// Events: each is applied on its step, by an index into the list that only moves forward.
#![tactic(auto)]

ghost use Rattle.std.specs.Prelude.{◌≡◌, Bool, true, ℕ, ◌+◌, ◌*◌, ◌^◌, ◌<◌, ◌≤◌, length};
ghost use Rattle.machine.specs.State.{Core};
ghost use Rattle.machine.specs.Memory.{commit};
ghost use Rattle.machine.specs.Events.{event_at, event_count, events_of};
ghost use Rattle.machine.specs.Devices.{event_status, events_waiting, waiting, raised, fallen};
ghost use Rattle.machine.specs.Devices.{event_writes, event_on, deliver_at};
ghost use Rattle.machine.specs.Refusal.{events_fit_below};
ghost use Rattle.devices.specs.Cursor.{Behind, Ordered, state_from, event_of};

use machine::Lines;

// The lines after an event or a list of them, and the index of the first record not yet due.
#[derive(Clone, Copy)]
pub struct Delivered {
    pub lines: Lines,
    pub next: usize,
}

// An event: its step, its device and the byte that it brings.
#[derive(Clone, Copy)]
pub struct Event {
    pub step: u32,
    pub device: u8,
    pub byte: u8,
}

// One event of device d, as the lines count it.
fn one_event(d: u8) -> Lines
    requires { d < 8 }
    ensures { result ≡ 2 ^ (4 * d) }
{
    1 << (4 * d)
}

// How many events of device d wait?
pub fn events_waiting(lines: Lines, d: u8) -> Lines
    requires { d < 8 }
    ensures { result ≡ events_waiting lines d }
{
    (lines >> (4 * d)) % 16
}

// Does the line of device d wait?
pub fn waits(lines: Lines, d: u8) -> bool
    requires { d < 8 }
    ensures { result ≡ waiting lines d }
{
    0 < events_waiting(lines, d)
}

// The lines with one event of device d more, unless it has 15, or with one taken.
fn raise(lines: Lines, d: u8) -> Lines
    requires { d < 8 }
    ensures { result ≡ raised lines d }
{
    if events_waiting(lines, d) < 15 {
        return lines + one_event(d);
    }
    lines
}

pub fn fall(lines: Lines, d: u8) -> Lines
    requires { d < 8 }
    ensures { result ≡ fallen lines d }
{
    if waits(lines, d) {
        return lines - one_event(d);
    }
    lines
}

// A status byte after an event: OF if DBA was set, then DBA.
fn event_status(t: u8) -> u8
    ensures { result ≡ event_status t }
{
    if t / 4 % 2 == 1 {
        return t / 16 * 16 + 12 + t % 4;
    }
    t / 8 * 8 + 4 + t % 4
}

// The writes of an event on an enabled device whose status byte is t.
fn receive(mem: &mut [u8; 65536], e: Event, t: u8)
    requires { e.device < 8 }
    ensures { mem.new ≡ commit (event_writes (event_of e) t) mem.old }
{
    let i = 2 * e.device as usize;
    if t / 2 % 2 == 1 {
        mem[i + 1] = e.byte;
    }
    mem[i] = event_status(t);
}

// One event: the lines after it. A device with ENA clear is left alone.
fn event_on(mem: &mut [u8; 65536], lines: Lines, e: Event) -> Lines
    requires { e.device < 8 }
    ensures { (c : Core) (h : Bool) (n : ℕ) → state_from c result h n mem.new
        ≡ event_on (event_of e) (state_from c lines h n mem.old) }
{
    let t = mem[2 * e.device as usize];
    if t / 16 % 2 != 1 {
        return lines;
    }
    receive(mem, e, t);
    if t % 2 == 1 {
        return raise(lines, e.device);
    }
    lines
}

// The step of record k.
pub fn step_at(events: &[u8], k: usize) -> u32
    requires { 8 * k + 8 ≤ length events.now }
    ensures { result ≡ (event_at events.now k).step }
{
    little_endian::four_at(events, 8 * k)
}

// The event of record k.
pub fn event_at(events: &[u8], k: usize) -> Event
    requires { 8 * k + 8 ≤ length events.now }
    ensures { event_of result ≡ event_at events.now k }
{
    Event {
        step: step_at(events, k),
        device: events[8 * k + 4],
        byte: events[8 * k + 5],
    }
}

// Applies the events due at step `count`, from record `next` on; earlier ones are passed over.
pub fn deliver(
    mem: &mut [u8; 65536],
    events: &[u8],
    next: usize,
    count: u32,
    lines: Lines,
) -> Delivered
    requires behind_2 { Behind events.now next count }
    requires ordered { Ordered events.now }
    requires events_value { events_fit_below events.now (event_count events.now) ≡ true }
    ensures state { (c : Core) (h : Bool)
        → state_from c result.lines h count mem.new
        ≡ deliver_at count (events_of events.now)
        (state_from c lines h count mem.old) }
    ensures behind { Behind events.now result.next (count + 1) }
{
    let n = events.len() / 8;
    let mut l = lines;
    for at in next..n {
        let e = event_at(events, at);
        if count < e.step {
            return Delivered { lines: l, next: at };
        }
        if e.step == count {
            l = event_on(mem, l, e);
        }
    }
    Delivered { lines: l, next: n }
}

-=-=-=-=-

- _REQUIRED WORK_: Using the material above, filter for lines holding "true" and copy each one.

- _ANSWER SECTION_:
ghost use Rattle.std.specs.Prelude.{◌≡◌, Bool, true, ℕ, ◌+◌, ◌*◌, ◌^◌, ◌<◌, ◌≤◌, length};
    requires events_value { events_fit_below events.now (event_count events.now) ≡ true }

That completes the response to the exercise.